You provide a value for 𝑥 and a slice of values for the coefficients &[𝑎, 𝑏, 𝑐, 𝑑, …]. The cardinality of the slice of coefficients must equal the degree of the polynomial plus one, except for the special case of the whole expression being just 0 in which case a slice of length zero means the same (gives you the same result) as if the slice was equal to &[0] or any other number of all zeros.
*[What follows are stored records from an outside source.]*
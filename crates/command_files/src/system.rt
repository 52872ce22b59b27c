// Files by their names in bytes, over std::fs; and on standard error what failed at a name.
ghost use Rattle.std.specs.Prelude.{◌≡◌};
ghost use Rattle.io.specs.Counts.{IsPrefixLen};

use std::fmt::InlineText;
use std::fs;
use std::fs::{OpenFile, OpenOptions};
use std::io::{Error, ErrorKind, Read, Write};
use std::os::unix::fs::OpenOptionsExt;
use std::rt::Files;

// What the system calls a file that is there, a name that is none, and a name that is no text.
const EXISTS: i32 = 17;

const INVALID: i32 = 22;

const NO_TEXT: i32 = 84;

// The system's words for an error, without their number.
fn words(said: &str) -> &str {
    said.rsplit_once(" (os error ")
        .map_or(said, |(words, _)| words)
}

// Tells on standard error what failed at a name.
pub fn tell(path: &[u8], error: Error) {
    let said = InlineText::<128>::of(error);
    // Stays: `Eprint` prints text, and the bytes of a name need be none.
    io::write_all(2, path);
    io::write_all(2, b": ");
    io::write_all(2, words(said.as_str()).as_bytes());
    io::write_all(2, b"\n");
}

// The error of a name that is none.
pub(crate) fn invalid() -> Error {
    Error::from_raw_os_error(INVALID)
}

// The name as std takes it: text, with no byte 0 in it.
fn as_text(path: &[u8]) -> Result<&str, Error> {
    if path.contains(&0) {
        return Err(invalid());
    }
    str::from_utf8(path).map_err(|_| Error::from_raw_os_error(NO_TEXT))
}

// The file, to be read from its start.
pub fn open_read<R: Files>(rt: &R, path: &[u8]) -> Result<R::File, Error> {
    fs::open(rt, as_text(path)?)
}

// Reads until the buffer is full, the file ends or a read fails, and answers how many bytes are in its front.
pub fn read_full<F: Read>(file: &mut F, buffer: &mut [u8]) -> usize
    ensures { IsPrefixLen result buffer.new }
{
    let mut done = 0;
    while done < buffer.len() {
        match file.read(&mut buffer[done..]) {
            Ok(0) | Err(_) => break,
            Ok(n) => done += n,
        }
    }
    done
}

// A file that is made by this call, and that its owner alone may read and write.
fn open_new<R: Files>(rt: &R, path: &[u8]) -> Result<R::File, Error> {
    let mut how = OpenOptions::new();
    how.read(true).write(true).create_new(true).mode(0o600);
    how.open(rt, as_text(path)?)
}

// The number in the last six bytes, in decimal.
fn put_number(name: &mut [u8], number: u32) {
    let mut left = number;
    for digit in name.iter_mut().rev().take(6) {
        *digit = b'0' + (left % 10) as u8;
        left /= 10;
    }
}

// A new file, whose name gets the first number in its last six bytes that makes it new.
pub(crate) fn create_temp<R: Files>(rt: &R, name: &mut [u8]) -> Result<R::File, Error> {
    for number in 0..1000000 {
        put_number(name, number);
        match open_new(rt, name) {
            Err(error) if error.kind() == ErrorKind::AlreadyExists => {}
            opened => return opened,
        }
    }
    Err(Error::from_raw_os_error(EXISTS))
}

// All bytes go into the file, which is closed. A close tells no failure here, so that the bytes are synced before it.
pub(crate) fn fill<F: Write + OpenFile + Drop>(mut file: F, bytes: &[u8]) -> Result<(), Error> {
    file.write_all(bytes)?;
    file.sync_all()
}

// The first name's file takes the second.
pub(crate) fn rename(rt: &impl Files, from: &[u8], to: &[u8]) -> Result<(), Error> {
    fs::rename(rt, as_text(from)?, as_text(to)?)
}

// The name is no file's any more.
pub(crate) fn remove(rt: &impl Files, path: &[u8]) -> Result<(), Error> {
    fs::remove_file(rt, as_text(path)?)
}
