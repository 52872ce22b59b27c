// The verifier over the stored bytes of a proof: refusals in document 01's order, then the run.
#![tactic(auto)]

ghost use Rattle.std.specs.Prelude.{◌≡◌, not, ◌&&◌, eqb, length};
ghost use Rattle.stored.specs.ParseLaws.{Shaped};
ghost use Rattle.transcript.specs.Log.{source_of, state};
ghost use Rattle.verifier.specs.Verified.{asked, lent, outcome, verified};
ghost use Rattle.verifier.specs.Gates.{words_gate, root_gate, unrooted, sandbox, Gated, Opened, Ready, Starts, Counted};

use refusal::{Refusal, Verifying, Words};
use stored::Outline;
use transcript::{Transcript, Used};
use verifier_round::Verdict;

mod empty; // no rounds, where that is valid
pub mod end; // how a run ends

// How a call ends: its verdict, and what it used up.
#[derive(Clone, Copy)]
pub struct Ending {
    pub verdict: Verdict,
    pub used: Used,
}

// The words of the proof, then the challenges.
#[tactic(auto, using(crate::proofs::GateLaws::words_shut, crate::proofs::GateLaws::needs_shut, crate::proofs::GateLaws::words_open))]
fn check_words(proof: &[u8], outline: Outline, needs: &[u32]) -> Result<Outline, Refusal>
    requires { Shaped proof.now outline }
    ensures { result ≡ words_gate proof.now outline needs.now }
{
    if let Some(place) = stored::first_bad_in_proof(proof, outline) {
        return Err(Refusal::BadWord {
            place,
            list: Words::Proof,
        });
    }
    if let Some(place) = wire::first_bad_word(needs) {
        return Err(Refusal::BadWord {
            place,
            list: Words::Challenges,
        });
    }
    Ok(outline)
}

// Whether there are no rounds, in the mode where that is not valid.
fn lacks_rounds(rounds: usize, empty: bool) -> bool
    ensures { result ≡ (eqb rounds 0 && not empty) }
{
    rounds == 0 && !empty
}

// The first refusal but for a root over zero, in document 01's order.
fn check(
    proof: &[u8],
    rounds: usize,
    modes: Verifying,
    challenges: &[u32],
    points: usize,
    logs: usize,
) -> Result<Outline, Refusal>
    ensures { Gated (asked proof.now rounds (unrooted modes) challenges.now) points logs result }
{
    if lacks_rounds(rounds, modes.empty) {
        return Err(Refusal::ZeroRounds);
    }
    if refusal::MAX_ROUNDS < rounds {
        return Err(Refusal::TooManyRounds);
    }
    let needs = sizes::needed_words(modes.drawn, rounds);
    if challenges.len() < needs {
        return Err(Refusal::ShortChallenges);
    }
    if !stored::is_known(proof) {
        return Err(Refusal::BadVersion);
    }
    if points < 4 * rounds || logs < sizes::log_words(true, stored::is_sized(proof), rounds) {
        return Err(Refusal::ShortRoom);
    }
    let outline = stored::read_shape(proof)?;
    check_words(proof, outline, &challenges[..needs])
}

// Live, the root, of one round or more, once both counts are those of the rounds: 14 and 15 come first.
fn check_root(
    proof: &[u8],
    rounds: usize,
    modes: Verifying,
    outline: Outline,
) -> Result<Outline, Refusal>
    requires { Shaped proof.now outline }
    ensures { result ≡ root_gate modes proof.now rounds outline }
{
    if rounds != 0
        && modes.live
        && outline.layers == rounds
        && outline.entries == rounds - 1
        && stored::is_over_zero(proof)
    {
        return Err(Refusal::ZeroRoot);
    }
    Ok(outline)
}

// The first refusal.
fn admit(
    proof: &[u8],
    rounds: usize,
    modes: Verifying,
    challenges: &[u32],
    points: usize,
    logs: usize,
) -> Result<Outline, Refusal>
    ensures { Gated (asked proof.now rounds modes challenges.now) points logs result }
{
    let outline = check(proof, rounds, modes, challenges, points, logs)?;
    check_root(proof, rounds, modes, outline)
}

// The counts of layers and of polynomial entries, then all rounds, from a start of the log.
fn verify_counted(
    proof: &[u8],
    rounds: usize,
    outline: Outline,
    xi: &mut [u32],
    transcript: &mut Transcript<'_>,
) -> Verdict
    requires ready { Ready proof.now xi.old (state transcript.old) rounds outline }
    requires begun { Starts (state transcript.old) }
    ensures same { transcript.new.log.ghost_name ≡ transcript.old.log.ghost_name }
    ensures counted { Counted proof.now xi.new (state transcript.old) (state transcript.new) (source_of (state transcript.old)) rounds result }
{
    let Outline {
        layers,
        entries,
        polys,
    } = outline;
    if layers != rounds {
        return Err(Refusal::IncorrectLayerCount {
            expected: rounds,
            actual: layers,
        });
    }
    let expected = rounds - 1;
    if entries != expected {
        return Err(Refusal::IncorrectSumcheckPolyCount {
            expected,
            actual: entries,
        });
    }
    transcript.observe_size(stored::is_sized(proof), rounds);
    verifier_rounds::verify_all(proof, polys, rounds, xi, transcript)
}

// The run, once nothing is refused before it.
fn run(
    proof: &[u8],
    rounds: usize,
    outline: Outline,
    drawn: bool,
    challenges: &[u32],
    point: &mut [u32],
    log: &mut [u32],
) -> Ending
    requires { Opened (asked proof.now rounds (sandbox drawn) challenges.now) (length point.old) (length log.old) outline }
    ensures { outcome result.verdict result.used point.new log.new
        ≡ verified (asked proof.now rounds (sandbox drawn) challenges.now) (lent point.old log.old) }
{
    let needs = sizes::needed_words(drawn, rounds);
    let mut transcript = Transcript::new(log, &challenges[..needs], drawn);
    let mut xi = [0u32; 4 * refusal::MAX_ROUNDS];
    let verdict = verify_counted(proof, rounds, outline, &mut xi, &mut transcript);
    end::leave_point(verdict, &xi, point, 4 * rounds);
    end::answer(verdict, transcript.used_up())
}

// What is not refused before: no rounds, or the run.
fn verify_admitted(
    proof: &[u8],
    rounds: usize,
    outline: Outline,
    modes: Verifying,
    challenges: &[u32],
    point: &mut [u32],
    log: &mut [u32],
) -> Ending
    requires { Opened (asked proof.now rounds modes challenges.now) (length point.old) (length log.old) outline }
    ensures { outcome result.verdict result.used point.new log.new
        ≡ verified (asked proof.now rounds modes challenges.now) (lent point.old log.old) }
{
    if rounds == 0 {
        return end::at_once(empty::verify_empty(proof, outline));
    }
    run(proof, rounds, outline, modes.drawn, challenges, point, log)
}

// Checks a stored proof of so many rounds: accepted with both claims and the point written, or refused; the log holds what was observed and sampled until then,
// and so much is told as used up.
pub fn verify_gkr(
    proof: &[u8],
    rounds: usize,
    modes: Verifying,
    challenges: &[u32],
    point: &mut [u32],
    log: &mut [u32],
) -> Ending
    ensures { outcome result.verdict result.used point.new log.new
        ≡ verified (asked proof.now rounds modes challenges.now) (lent point.old log.old) }
{
    match admit(proof, rounds, modes, challenges, point.len(), log.len()) {
        Err(refusal) => end::at_once(Err(refusal)),
        Ok(outline) => verify_admitted(proof, rounds, outline, modes, challenges, point, log),
    }
}
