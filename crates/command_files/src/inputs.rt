// A sheet's rows, and challenges, as words in a lent buffer: how many there are, or why there are none.
ghost use Rattle.std.specs.Prelude.{◌≡◌, false, length, IfOk};
ghost use Rattle.std.specs.Result.{result_ok};
ghost use Rattle.io.specs.Counts.{IsPrefixLen};
ghost use Rattle.stored_sheet.specs.SheetReads.{sheet_read};
ghost use Rattle.sheet_text.specs.Reading.{list_read};
ghost use Rattle.command_files.specs.Rows.{Rows};
ghost use Rattle.command_files.specs.Given.{rows_of, elements_of, sheet_given, elements_given, challenges_given, FromFile};

use crate::fault::Fault;
use crate::{Input, read};
use refusal::Refusal;
use sheet_text::ListError;
use sheet_text::list::read_list;
use std::rt::Files;

fn rows_of<'a>(sheet: &[u8], rows: &mut [u32]) -> Result<usize, Fault<'a>>
    ensures rows { IfOk result (λ n. Rows n rows.new) }
    ensures given { record { given = result_ok result; words = rows.new } ≡ rows_of (sheet_read sheet.now rows.old) }
{
    let count = stored_sheet::read_sheet(sheet, rows)?;
    Ok(8 * count)
}

// The rows of the sheet in a file. More bytes than those of 1,024 rows are refused as too many rows.
pub fn read_sheet<'a>(rt: &impl Files, path: &'a [u8], rows: &mut [u32]) -> Result<usize, Fault<'a>>
    ensures rows { IfOk result (λ n. Rows n rows.new) }
    ensures given { FromFile (sheet_given rows.old) (record { given = result_ok result; words = rows.new }) }
{
    let mut bytes = [0u8; 32771];
    match read(rt, path, &mut bytes)? {
        Input::Whole(n) => rows_of(&bytes[..n], rows),
        Input::Front(_) => Err(Fault::Refused(Refusal::TooManyRows)),
    }
}

fn elements_of<'a>(path: &'a [u8], text: &[u8], words: &mut [u32]) -> Result<usize, Fault<'a>>
    ensures prefix_len { IfOk result (λ n. IsPrefixLen n words.new) }
    ensures given { record { given = result_ok result; words = words.new } ≡ elements_of (list_read false text.now words.old) }
{
    match read_list(text, words, false) {
        Ok(count) => Ok(count),
        Err(ListError::Full(_)) => Ok(words.len()),
        Err(ListError::Malformed(line)) => Err(Fault::BadLine {
            path,
            line,
            kind: "an element",
        }),
    }
}

// The elements of a text, one to a line: of a longer text those that the words take. No run needs more than 64.
fn read_elements<'a>(rt: &impl Files, path: &'a [u8], words: &mut [u32]) -> Result<usize, Fault<'a>>
    ensures prefix_len { IfOk result (λ n. IsPrefixLen n words.new) }
    ensures given { FromFile (elements_given words.old) (record { given = result_ok result; words = words.new }) }
{
    let mut bytes = [0u8; 65536];
    match read(rt, path, &mut bytes)? {
        Input::Whole(n) | Input::Front(n) => elements_of(path, &bytes[..n], words),
    }
}

// The challenges of a text; into cleared words, where no text is named, challenge k, from 1, is the element k.
pub fn read_challenges<'a>(
    rt: &impl Files,
    path: &'a [u8],
    words: &mut [u32],
) -> Result<usize, Fault<'a>>
    ensures prefix_len { IfOk result (λ n. IsPrefixLen n words.new) }
    ensures given { FromFile (challenges_given (length path.now) words.old) (record { given = result_ok result; words = words.new }) }
{
    if path.is_empty() {
        answers::counting::count_up(words);
        Ok(words.len())
    } else {
        read_elements(rt, path, words)
    }
}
Here are some examples demonstrating use of eval_polynomial:

use horner::eval_any_rank_polynomial;

// Evaluating the polynomial 72𝑥²+81𝑥+99 with 𝑥 = 5
let val = eval_any_rank_polynomial(5, &[72, 81, 99]);

// Traditional calculation.
let trad = 72 * 5_i32.pow(2) + 81 * 5 + 99;

assert_eq!(val, trad);

// Here we have the "polynomial" 42, which is to say, 42𝑥⁰. Evaluated with 𝑥 = 9000
assert_eq!(42, eval_any_rank_polynomial(9000, &[42]));

// 23𝑥⁹+0𝑥⁸+27𝑥⁷+0𝑥⁶-5𝑥⁵+0𝑥⁴+0𝑥³+0𝑥²+0𝑥ⁱ+0𝑥⁰
// Written simply: 23𝑥⁹+27𝑥⁷-5𝑥⁵
// Evaluated with 𝑥 = 99

let val = eval_any_rank_polynomial(99_i128, &[23, 0, 27, 0, -5, 0, 0, 0, 0, 0]);
let trad = 23 * 99_i128.pow(9) + 27 * 99_i128.pow(7) - 5 * 99_i128.pow(5);

assert_eq!(val, trad);

// The "polynomial" 0. Represented in it's simplest form, the list of coefficents is empty.
// Evaluated with 𝑥 = 222
assert_eq!(0, eval_any_rank_polynomial(222, &[]));